I changed jobs close to seven years ago with a personal objective to learn Python. Having battled “data challenges” during every facet of my career, I couldn’t see myself keeping up without the ability to automate collection and analysis of data. My new role was primarily security and compliance related, but a subset of my responsibilities was curating AWS Cost and Usage Report data.
I first encountered the “CUR” early on at the job I was leaving. I was one of three hired to help develop and launch a security product and was centrally involved in the cloud architecture and operations. A beta version of the product was online within 6 months and requests for visibility into the costs immediately followed. This was in 2013.
I battled with the detailed billing CSVs but it wasn’t long before Cloudability was purchased. While it helped save me from the data wrangling and reporting challenges, it also highlighted the challenges in the data. Tag gaps and making sense of reserved instance amortization were initially the biggest challenges but J.R. Storment and team were engaged and developing features for our needs. Things seemed alright.
It wasn’t immediate, but it didn’t take long before the cost of understanding our costs was too costly for the business. At the same time, I was looking to shift away from the 24/7 life of product operations and ended up shifting into business operations where I focused on AWS account management and cost data reporting and analysis. Splunk was the tool of choice, as a co-worker had already done some magic for our product with it. I had published a Splunk app for analyzing Security Onion data years prior, but hadn’t worked with it since. It wasn’t long before we were reporting in-house and doing magical things with Splunk. Then the data grew…and grew…and grew.

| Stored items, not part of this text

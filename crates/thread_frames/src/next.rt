use dag_order::{FaultAt, ThreadId};

/// The next action of a thread. Words are whole pieces.
#[derive(Clone, Copy, PartialEq, Eq, Debug)]
pub enum Next {
    /// A child is forked, with a record block of 16 words.
    Fork,
    /// The newest open child, of this id, is joined.
    Join { child: ThreadId },
    /// A block of so many words is allocated.
    Alloc { words: u32 },
    /// A block of so many words goes back.
    Release { words: u32 },
    /// A dummy before a large allocation.
    Dummy,
    /// The thread ends.
    End,
    /// A fault ends the work of the thread.
    Fault(FaultAt),
}
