// What the names and types of a text stand for.
ghost use Rattle.std.specs.Prelude.{◌≡◌, ◌≤◌, ◌<◌, ◌+◌, ℕ, List, [], ◌∷◌, ◌++◌, length, IfOk, OnOk};
ghost use Rattle.spec_text.specs.declared.surface.Decl.{Decl};
ghost use Rattle.stream_core.specs.Parts.{parts};
ghost use Rattle.type_check.specs.Judged.{Scope as Names, Judged, judge_form};
ghost use Rattle.type_check.specs.Standing.{MeansOption};
ghost use Rattle.typed_text.specs.ReadSpec.{Numbers as Order, ty_in, extern_names, stream_names, def_names};
ghost use Rattle.typed_spec.specs.Texts.{AreNumbered, StandsFor, name_node};

use crate::table::Table;
use sm_io::Name;
use spec_text::{Decl, TypeForm};
use std::alloc::{AllocError, Global};
use stream_core::Node;
use stream_types::Ty;
use type_check::known::{BOOL, Known};
use type_check::list::Numbers;
use type_check::scope::Scope;

/// The names of a text's structs and items, its types by their numbers in the type list, and its externs, streams and
/// defs by their numbers.
#[derive(Drop)]
pub struct Text {
    pub scope: Scope,
    pub types: Numbers,
    pub externs: Table,
    pub streams: Table,
    pub defs: Table,
}

impl Text {
    // Takes in the name of an extern, a stream or a def.
    fn declare(&mut self, alloc: Global, decl: &Decl) -> Result<(), AllocError>
        requires externs { self.old.externs.count < 4294967295 }
        requires streams { self.old.streams.count < 4294967295 }
        requires defs { self.old.defs.count < 4294967295 }
        ensures externs { (all : List (List ℕ)) → AreNumbered all self.old.externs
            → OnOk result (AreNumbered (all ++ extern_names (decl.now ∷ [])) self.new.externs) }
        ensures streams { (all : List (List ℕ)) → AreNumbered all self.old.streams
            → OnOk result (AreNumbered (all ++ stream_names (decl.now ∷ [])) self.new.streams) }
        ensures defs { (all : List (List ℕ)) → AreNumbered all self.old.defs → OnOk result (AreNumbered (all ++ def_names (decl.now ∷ [])) self.new.defs) }
        ensures extern_count { OnOk result (self.new.externs.count ≤ self.old.externs.count + 1) }
        ensures stream_count { OnOk result (self.new.streams.count ≤ self.old.streams.count + 1) }
        ensures def_count { OnOk result (self.new.defs.count ≤ self.old.defs.count + 1) }
        ensures scope { self.new.scope ≡ self.old.scope }
        ensures types { self.new.types ≡ self.old.types }
    {
        match decl {
            Decl::Extern { name, .. } => self.externs.add(alloc, &name.name),
            Decl::Stream { name, .. } => self.streams.add(alloc, &name.name),
            Decl::Def { name, .. } => self.defs.add(alloc, &name.name),
            Decl::Struct { .. } | Decl::Trigger { .. } | Decl::Observer { .. } => Ok(()),
        }
    }

    /// The names of a text, before its first declaration.
    pub fn of(
        alloc: Global,
        scope: Scope,
        types: Numbers,
        decls: &[Decl],
    ) -> Result<Text, AllocError>
        requires few { length decls.now ≤ 524288 }
        ensures scope { IfOk result (λ text. text.scope ≡ scope) }
        ensures types { IfOk result (λ text. text.types ≡ types) }
        ensures externs { IfOk result (λ text. AreNumbered (extern_names decls.now) text.externs) }
        ensures streams { IfOk result (λ text. AreNumbered (stream_names decls.now) text.streams) }
        ensures defs { IfOk result (λ text. AreNumbered (def_names decls.now) text.defs) }
    {
        let mut text = Text {
            scope,
            types,
            externs: Table::new(alloc),
            streams: Table::new(alloc),
            defs: Table::new(alloc),
        };
        for decl in decls {
            text.declare(alloc, decl)?;
        }
        Ok(text)
    }

    /// The node of a name.
    pub fn named(&self, name: &Name) -> Node
        ensures node { (names : List (List ℕ)) (s : Names) (n : Order) → StandsFor names s n self.now → result ≡ name_node n name.now }
        ensures leaf { parts result ≡ [] }
    {
        if self.externs.has(name) {
            return Node::Extern(self.externs.number(name));
        }
        if self.streams.has(name) {
            return Node::Stream(self.streams.number(name));
        }
        Node::Def(self.defs.number(name))
    }

    /// A type as the type list numbers it. A missing one counts as Bool.
    pub fn ty(&self, ty: Option<Known>) -> Ty
        ensures { (names : List (List ℕ)) (s : Names) (n : Order) (j : Judged) → StandsFor names s n self.now → MeansOption names ty j.ty → result ≡ ty_in n j }
    {
        self.types.ty(ty.unwrap_or(BOOL))
    }

    /// A written type behind the structs that have ended, if it is one.
    pub fn written(&self, ty: &TypeForm) -> Option<Known>
        ensures { (names : List (List ℕ)) (s : Names) (n : Order) → StandsFor names s n self.now → MeansOption names result (judge_form s.before ty.now).ty }
    {
        match self.scope.structs.form(self.scope.closed, ty) {
            Ok(ty) => Some(ty),
            Err(_) => None,
        }
    }
}
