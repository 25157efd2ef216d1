// The places of expressions.
ghost use Rattle.std.specs.Prelude.{◌≡◌};
ghost use Rattle.spec_text.specs.Places.{place_of_expr};

use spec_text::Expr;

/// The place of an expression.
#[tactic(auto, using(spec_text::specs::FoldRows::expr_rows), unfolding(spec_text::specs::Form::form_of_expr))]
pub fn place(e: &Expr) -> u64
    ensures { result ≡ place_of_expr e.now }
{
    match e {
        Expr::Name(x) => x.at,
        Expr::Lit { at, .. }
        | Expr::Drop { at, .. }
        | Expr::Un { at, .. }
        | Expr::Bin { at, .. }
        | Expr::Shift { at, .. }
        | Expr::And { at, .. }
        | Expr::Or { at, .. }
        | Expr::Implies { at, .. }
        | Expr::If { at, .. }
        | Expr::Cast { at, .. }
        | Expr::Abs { at, .. }
        | Expr::Sign { at, .. }
        | Expr::Index { at, .. }
        | Expr::Field { at, .. }
        | Expr::Array { at, .. }
        | Expr::Record { at, .. }
        | Expr::Once { at, .. }
        | Expr::Historically { at, .. }
        | Expr::Yesterday { at, .. }
        | Expr::WeaklyYesterday { at, .. }
        | Expr::Since { at, .. }
        | Expr::OnceIn { at, .. }
        | Expr::HistoricallyIn { at, .. }
        | Expr::SinceIn { at, .. }
        | Expr::Clock { at, .. }
        | Expr::Majority { at, .. }
        | Expr::Agreed { at, .. }
        | Expr::WindowMax { at, .. }
        | Expr::WindowMin { at, .. }
        | Expr::WindowSum { at, .. } => *at,
    }
}
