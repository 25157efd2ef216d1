// The words of constants.
ghost use Rattle.std.specs.Prelude.{◌≡◌, ◌++◌, OnOk};
ghost use Rattle.std.specs.List.{flat_map};
ghost use Rattle.typed_text.specs.ReadSpec.{const_words};

use spec_text::ConstForm;
use std::alloc::AllocError;

/// Puts the words of a constant behind these.
#[cycle(constants)]
#[tactic(auto, using(spec_text::specs::FoldRows::const_rows), unfolding(typed_text::specs::ReadSpec::const_words))]
fn constant(words: &mut Vec<u64>, form: &ConstForm) -> Result<(), AllocError>
    ensures { OnOk result (words.new.items ≡ words.old.items ++ const_words form.now) }
{
    match form {
        ConstForm::Lit { word, .. } => {
            words.push(*word)?;
            Ok(())
        }
        ConstForm::Array { items, .. } => constants(words, items.as_slice()),
        ConstForm::Record { items, .. } => constants(words, items.as_slice()),
    }
}

/// Puts the words of constants behind these.
#[cycle(constants)]
#[tactic(auto, using(spec_text::specs::FoldRows::const_rows), unfolding(typed_text::specs::ReadSpec::const_words))]
pub fn constants(words: &mut Vec<u64>, forms: &[ConstForm]) -> Result<(), AllocError>
    ensures { OnOk result (words.new.items ≡ words.old.items ++ flat_map const_words forms.now) }
{
    for form in forms {
        constant(words, form)?;
    }
    Ok(())
}
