// The items of declarations.
ghost use Rattle.std.specs.Prelude.{◌≡◌, ◌<◌, ◌≤◌, ◌+◌, ℕ, List, [], ◌∷◌, IfOk, OnOk};
ghost use Rattle.spec_text.specs.declared.surface.Decl.TheVariants as decl;
ghost use Rattle.type_check.specs.Judged.{Scope as Names};
ghost use Rattle.typed_text.specs.ReadSpec.{Numbers as Order};
ghost use Rattle.typed_spec.specs.Added.{MakesRoots, Adds, next_of, item_total};
ghost use Rattle.typed_spec.specs.Texts.{StandsFor};

use crate::arena::Arena;
use crate::constants::constants;
use crate::expressions::expr;
use crate::places::place;
use crate::text::Text;
use sm_io::Seq;
use spec_text::{ConstForm, Expr, NameAt, TypeForm};
use std::alloc::AllocError;
use stream_core::{DefItem, ExternItem, Item, ObserverItem, Root, StreamItem, TriggerItem};

// An expression with its type and its place.
fn root(text: &Text, arena: &mut Arena, e: &Expr) -> Result<Root, AllocError>
    ensures others { arena.new.spec ≡ record arena.old.spec { nodes = arena.new.spec.nodes } }
    ensures made { (names : List (List ℕ)) (s : Names) (n : Order) → StandsFor names s n text.now
        → IfOk result (λ r. MakesRoots n s arena.old arena.new (r ∷ []) (e.now ∷ [])) }
{
    let value = expr(text, arena, e)?;
    Ok(Root {
        expr: value.id,
        ty: text.ty(value.ty),
        at: place(e),
    })
}

// Expressions one after another.
fn roots(text: &Text, arena: &mut Arena, all: &[Expr]) -> Result<Vec<Root>, AllocError>
    ensures others { arena.new.spec ≡ record arena.old.spec { nodes = arena.new.spec.nodes } }
    ensures made { (names : List (List ℕ)) (s : Names) (n : Order) → StandsFor names s n text.now
        → IfOk result (λ rs. MakesRoots n s arena.old arena.new rs.items all.now) }
{
    let mut roots = Vec::new(text.scope.alloc);
    for e in all {
        let next = root(text, arena, e)?;
        roots.push(next)?;
    }
    Ok(roots)
}

pub fn extern_item(
    text: &Text,
    arena: &mut Arena,
    name: &NameAt,
    ty: &TypeForm,
) -> Result<(), AllocError>
    requires room { item_total arena.old.spec < 4294967295 }
    ensures adds { (names : List (List ℕ)) (s : Names) (n : Order) (at : ℕ) → StandsFor names s n text.now
        → OnOk result (Adds n s.all arena.old arena.new (next_of s arena.old (decl.Extern at name.now ty.now) ∷ [])) }
    ensures total { OnOk result (item_total arena.new.spec ≡ item_total arena.old.spec + 1) }
{
    let name = name.name.copy(text.scope.alloc)?;
    let ty = text.ty(text.written(ty));
    arena.spec.add(Item::Extern(ExternItem { name, ty }))
}

pub fn stream_item(
    text: &Text,
    arena: &mut Arena,
    name: &NameAt,
    ty: &TypeForm,
    init: &[ConstForm],
    e: &Expr,
) -> Result<(), AllocError>
    requires room { item_total arena.old.spec < 4294967295 }
    ensures adds { (names : List (List ℕ)) (s : Names) (n : Order) (at : ℕ) → StandsFor names s n text.now
        → OnOk result (Adds n s.all arena.old arena.new (next_of s arena.old (decl.Stream at name.now ty.now init.now e.now) ∷ [])) }
    ensures total { OnOk result (item_total arena.new.spec ≡ item_total arena.old.spec + 1) }
{
    let name = name.name.copy(text.scope.alloc)?;
    let ty = text.ty(text.written(ty));
    let mut words = Vec::new(text.scope.alloc);
    constants(&mut words, init)?;
    let next = root(text, arena, e)?;
    arena.spec.add(Item::Stream(StreamItem {
        name,
        ty,
        init: Seq::of(words),
        expr: next.expr,
        at: next.at,
    }))
}

pub fn def_item(
    text: &Text,
    arena: &mut Arena,
    at: u64,
    name: &NameAt,
    ty: &TypeForm,
    e: &Expr,
) -> Result<(), AllocError>
    requires room { item_total arena.old.spec < 4294967295 }
    ensures adds { (names : List (List ℕ)) (s : Names) (n : Order) → StandsFor names s n text.now
        → OnOk result (Adds n s.all arena.old arena.new (next_of s arena.old (decl.Def at name.now ty.now e.now) ∷ [])) }
    ensures total { OnOk result (item_total arena.new.spec ≡ item_total arena.old.spec + 1) }
{
    let name = name.name.copy(text.scope.alloc)?;
    let ty = text.ty(text.written(ty));
    let value = root(text, arena, e)?;
    arena.spec.add(Item::Def(DefItem {
        name,
        ty,
        expr: value.expr,
        at,
    }))
}

pub fn trigger_item(
    text: &Text,
    arena: &mut Arena,
    name: &NameAt,
    guard: &Expr,
    args: &[Expr],
) -> Result<(), AllocError>
    requires room { item_total arena.old.spec < 4294967295 }
    ensures adds { (names : List (List ℕ)) (s : Names) (n : Order) (at : ℕ) → StandsFor names s n text.now
        → OnOk result (Adds n s.all arena.old arena.new (next_of s arena.old (decl.Trigger at name.now guard.now args.now) ∷ [])) }
    ensures total { OnOk result (item_total arena.new.spec ≡ item_total arena.old.spec + 1) }
{
    let name = name.name.copy(text.scope.alloc)?;
    let guard = root(text, arena, guard)?;
    let args = Seq::of(roots(text, arena, args)?);
    arena
        .spec
        .add(Item::Trigger(TriggerItem { name, guard, args }))
}

pub fn observer_item(
    text: &Text,
    arena: &mut Arena,
    name: &NameAt,
    e: &Expr,
) -> Result<(), AllocError>
    requires room { item_total arena.old.spec < 4294967295 }
    ensures adds { (names : List (List ℕ)) (s : Names) (n : Order) (at : ℕ) → StandsFor names s n text.now
        → OnOk result (Adds n s.all arena.old arena.new (next_of s arena.old (decl.Observer at name.now e.now) ∷ [])) }
    ensures total { OnOk result (item_total arena.new.spec ≡ item_total arena.old.spec + 1) }
{
    let name = name.name.copy(text.scope.alloc)?;
    let root = root(text, arena, e)?;
    arena.spec.add(Item::Observer(ObserverItem { name, root }))
}
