// Nodes and library forms, placed one after another.
ghost use Rattle.std.specs.Prelude.{◌≡◌, ◌<◌, ◌≤◌, [], ◌∷◌, ◌++◌, length, IfOk, OnOk};
ghost use Rattle.std.specs.List.{AllByRecursion};
ghost use Rattle.stream_core.specs.declared.node.LibForm.TheVariants as form;
ghost use Rattle.stream_core.specs.Parts.{parts};
ghost use Rattle.typed_spec.specs.Made.{Fills, Puts};

use sm_io::Seq;
use std::alloc::{AllocError, Global};
use stream_core::{LibForm, LibItem, Node, NodeId, Spec};
use type_check::known::Known;

/// The node of an expression, and its type if it has one.
#[derive(Clone, Copy)]
pub struct Operand {
    pub id: NodeId,
    pub ty: Option<Known>,
}

/// A specification without its library forms, and these forms in text order.
#[derive(Drop)]
pub struct Arena {
    pub spec: Spec,
    pub forms: Vec<LibItem>,
}

/// A number of parts of a text, which has fewer than 4,294,967,296.
pub fn short(n: usize) -> u32
    ensures { n < 4294967296 → result ≡ n }
{
    match u32::try_from(n) {
        Ok(n) => n,
        Err(_) => u32::MAX,
    }
}

impl Arena {
    /// The number of a node over parts that are there.
    pub fn put(&mut self, node: Node) -> Result<NodeId, AllocError>
        requires { AllByRecursion (λ j. j < length self.old.spec.nodes) (parts node) }
        ensures puts { IfOk result (λ id. Puts self.old self.new node id) }
        ensures within { IfOk result (λ id. id < length self.new.spec.nodes) }
        ensures size { length self.old.spec.nodes ≤ length self.new.spec.nodes }
        ensures others { self.new.spec ≡ record self.old.spec { nodes = self.new.spec.nodes } }
        ensures forms { self.new.forms ≡ self.old.forms }
    {
        self.spec.place(node)
    }

    /// The number of the next library form, whose operands come behind it. Until they are known, a form without
    /// operands stands in its place.
    pub fn reserve(&mut self, alloc: Global, at: u64) -> Result<usize, AllocError>
        ensures number { IfOk result (λ number. number ≡ length self.old.forms.items) }
        ensures spec { self.new.spec ≡ self.old.spec }
        ensures forms { OnOk result (self.new.forms.items ≡ self.old.forms.items ++ record { form = form.Once; args = []; at = at } ∷ []) }
        ensures within { IfOk result (λ number. number < length self.new.forms.items) }
        ensures size { length self.old.forms.items ≤ length self.new.forms.items }
    {
        let number = self.forms.len();
        self.forms.push(LibItem {
            form: LibForm::Once,
            args: Seq::new(alloc),
            at,
        })?;
        Ok(number)
    }

    /// The node of a library form, whose operands are there.
    pub fn fill(&mut self, number: usize, item: LibItem) -> Result<NodeId, AllocError>
        requires { number < length self.old.forms.items }
        ensures fills { IfOk result (λ id. Fills self.old self.new number item id) }
        ensures within { IfOk result (λ id. id < length self.new.spec.nodes) }
        ensures size { length self.old.spec.nodes ≤ length self.new.spec.nodes }
        ensures others { self.new.spec ≡ record self.old.spec { nodes = self.new.spec.nodes } }
        ensures forms { length self.new.forms.items ≡ length self.old.forms.items }
    {
        self.forms[number] = item;
        self.put(Node::Lib(short(number)))
    }
}
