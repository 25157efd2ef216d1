// A surface as its typed specification.
ghost use Rattle.std.specs.Prelude.{◌≡◌, ◌≤◌, ◌<◌, ◌+◌, ℕ, List, [], ◌∷◌, ◌++◌, length, None, IfOk, OnOk};
ghost use Rattle.spec_text.specs.declared.surface.Decl.{Decl as DeclValue};
ghost use Rattle.spec_text.specs.Extent.{item_count, list_count, nesting};
ghost use Rattle.spec_text.specs.Form.{form_of};
ghost use Rattle.spec_text.specs.KeepsTable.{KeepsTable};
ghost use Rattle.stream_core.specs.Ordered.{Ordered};
ghost use Rattle.stream_core.specs.Term.{trees};
ghost use Rattle.type_check.specs.Checked.{type_fault};
ghost use Rattle.type_check.specs.Table.{struct_names};
ghost use Rattle.type_check.specs.TypeOrder.{types_of_text};
ghost use Rattle.type_check.specs.Untyped.{reversed, scope_of, all_of};
ghost use Rattle.type_check.specs.NamedType.{Declarations};
ghost use Rattle.typed_spec.specs.Added.{Adds, IsTextAt, next_of, item_total};
ghost use Rattle.typed_text.specs.ReadSpec.{Numbers as Order, numbers_of, placed, spec_of};
ghost use Rattle.typed_text.specs.InExpressions.{AreParts};

use crate::arena::Arena;
use crate::declarations::{def_item, extern_item, observer_item, stream_item, trigger_item};
use crate::text::Text;
use spec_text::{Decl, Surface};
use std::alloc::{AllocError, Global};
use stream_core::{Item, LibItem, Spec};
use stream_types::Types;
use type_check::checked::in_order;
use type_check::list::numbered;

// The next declaration.
fn decl(text: &mut Text, arena: &mut Arena, decl: &Decl) -> Result<(), AllocError>
    requires room { item_total arena.old.spec < 4294967295 }
    requires few { text.old.scope.closed < 4294967295 }
    ensures adds { (names : List (List ℕ)) (n : Order) (before : Declarations) (rest : List DeclValue)
        → IsTextAt names before (decl.now ∷ rest) n text.old
        → OnOk result (Adds n (reversed before (decl.now ∷ rest)) arena.old arena.new (next_of (scope_of before (reversed before (decl.now ∷ rest))) arena.old decl.now ∷ [])) }
    ensures text { (names : List (List ℕ)) (n : Order) (before : Declarations) (rest : List DeclValue)
        → IsTextAt names before (decl.now ∷ rest) n text.old → OnOk result (IsTextAt names (decl.now ∷ before) rest n text.new) }
    ensures total { OnOk result (item_total arena.new.spec ≤ item_total arena.old.spec + 1) }
    ensures closed { OnOk result (text.new.scope.closed ≤ text.old.scope.closed + 1) }
{
    match decl {
        Decl::Struct { .. } => {
            text.scope.closed += 1;
            Ok(())
        }
        Decl::Extern { name, ty, .. } => extern_item(text, arena, name, ty),
        Decl::Stream {
            name,
            ty,
            init,
            expr,
            ..
        } => stream_item(text, arena, name, ty, init.as_slice(), expr),
        Decl::Def { at, name, ty, expr } => def_item(text, arena, *at, name, ty, expr),
        Decl::Trigger {
            name,
            guard,
            args,
            ..
        } => trigger_item(text, arena, name, guard, args.as_slice()),
        Decl::Observer { name, expr, .. } => observer_item(text, arena, name, expr),
    }
}

// All declarations of a text.
fn decls(text: &mut Text, arena: &mut Arena, all: &[Decl]) -> Result<(), AllocError>
    requires room { item_total arena.old.spec + length all.now < 4294967295 }
    requires few { text.old.scope.closed + length all.now < 4294967295 }
    ensures adds { (names : List (List ℕ)) (n : Order) → IsTextAt names [] all.now n text.old → arena.old.forms.items ≡ []
        → OnOk result (Adds n (reversed [] all.now) arena.old arena.new (placed n (reversed [] all.now) [] 0 all.now)) }
{
    for next in all {
        decl(text, arena, next)?;
    }
    Ok(())
}

// The specification with its library forms.
fn with_forms(spec: &mut Spec, forms: Vec<LibItem>) -> Result<(), AllocError>
    requires { length spec.old.libs + length forms.items < 4294967296 }
    ensures { OnOk result (spec.new ≡ record spec.old { libs = spec.old.libs ++ forms.items }) }
{
    for form in forms {
        spec.add(Item::Lib(form))?;
    }
    Ok(())
}

// What the names and types of a text without faults stand for, before its first declaration. The only fault that is
// left is want of memory.
fn text_of(alloc: Global, surface: &Surface) -> Result<Text, AllocError>
    requires kept { KeepsTable surface.now }
    requires lists { list_count (form_of surface.now) ≤ 524288 }
    requires items { item_count (form_of surface.now) ≤ 1048576 }
    requires faultless { type_fault surface.now ≡ None }
    ensures { IfOk result (λ text. IsTextAt (struct_names (all_of surface.now)) [] surface.now.decls (numbers_of surface.now) text) }
{
    let Ok(text) = in_order(alloc, surface) else {
        return Err(AllocError);
    };
    let Ok(types) = numbered(alloc, text.order.placed.as_slice()) else {
        return Err(AllocError);
    };
    let mut scope = text.scope;
    scope.closed = 0;
    Text::of(alloc, scope, types, surface.decls.as_slice())
}

/// The typed specification of a text without faults, whose types these are.
///
/// The surface keeps the table of forms, and its canonical text nests at most 64 lists and has at most 524,288 lists
/// and 1,048,576 items.
pub fn spec_over(alloc: Global, surface: &Surface, types: Types) -> Result<Spec, AllocError>
    requires kept { KeepsTable surface.now }
    requires nested { nesting (form_of surface.now) ≤ 64 }
    requires lists { list_count (form_of surface.now) ≤ 524288 }
    requires items { item_count (form_of surface.now) ≤ 1048576 }
    requires faultless { type_fault surface.now ≡ None }
    requires types { types ≡ types_of_text surface.now }
    ensures trees { IfOk result (λ spec. trees spec ≡ spec_of surface.now) }
    ensures ordered { IfOk result (λ spec. Ordered spec.nodes spec.libs) }
    ensures parts { IfOk result (λ spec. AreParts spec) }
{
    let mut text = text_of(alloc, surface)?;
    let name = surface.name.copy(alloc)?;
    let mut arena = Arena {
        spec: Spec::new(alloc, name, types),
        forms: Vec::new(alloc),
    };
    decls(&mut text, &mut arena, surface.decls.as_slice())?;
    let mut spec = arena.spec;
    with_forms(&mut spec, arena.forms)?;
    // Each part of a node has a smaller number, as in any specification.
    let _ = spec.nodes();
    Ok(spec)
}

Between consolidating AWS accounts and new cloud initiatives, it wasn’t going to be long before Splunk went the way of Cloudability. When the writing was on the wall, I didn’t want to stick around to see that happen and wondered if there were better/other ways of tackling the problem. I had also failed a personal goal to learn Python three years running that I was determined to change.
My current role offered me the immediate chance to find out. Before it was a button click (or three) in the UI, I implemented Athena for querying CUR data, built a Python pandas based data pipeline for processing rules to fill tagging gaps, perform context lookups, allocate reserved instance and savings plan costs, and later leveraged QuickSight for reporting and enabling other teams access.
Having grown competent with Python and beaten the CUR with my bare hands, I’ve spent most of my personal time the last four years prototyping ways to collect, classify and analyze CUR data. Several approaches weren’t evolved enough to handle the task with performance and efficiency. Then came Python 3.11 and its impressive performance improvements. Then came polars, and suddenly the effort seemed viable.
BOYD is Cloud Archaeologist’s first release. I build stand-alone applications because I have no intent of adding to the inefficiency and waste of *aaS. When the answer to cloud questions is more cloud, we’re just feeding the beast. All the while, we’re barely using the powerful devices under our fingertips in favor of more cloud, more clickOps through UI accounts and regions, and more free promotional opportunities to consume more. If you are in a small organization and don’t have teams of people needing constant access available, why would you need a third party to connect to your account, copy and process your data, and go into idle waiting to serve?
If your goal is to understand AWS Cost and Usage Report data or your assets in AWS and gain immediate context about the resources buried (for far longer than you might expect) beneath millions of rows of data, BOYD might be a useful tool for you. BOYD allows users to classify resources (i.e., fill tagging gaps) and derive context about cost-incurring resources from AWS service APIs. While it can fill the need of a cost reporting tool, it’s value extends into the security and asset management domains.
Most of my personal time has gone into this project the last three years and BOYD has reached a point where it can be of benefit to others. I hope you find it useful and less tedious than many of the options available. And don’t let the low cost fool you. BOYD is certainly least costly than just about any other option available and for a reason. You are paying for my development time and support if you experience issues. Not for a team of platform engineers, SaaS integrators, and all the complexity “cloud” delivers. My objective is to reduce that complexity. BOYD is a simple shovel, but sometimes a shovel is exactly what you need.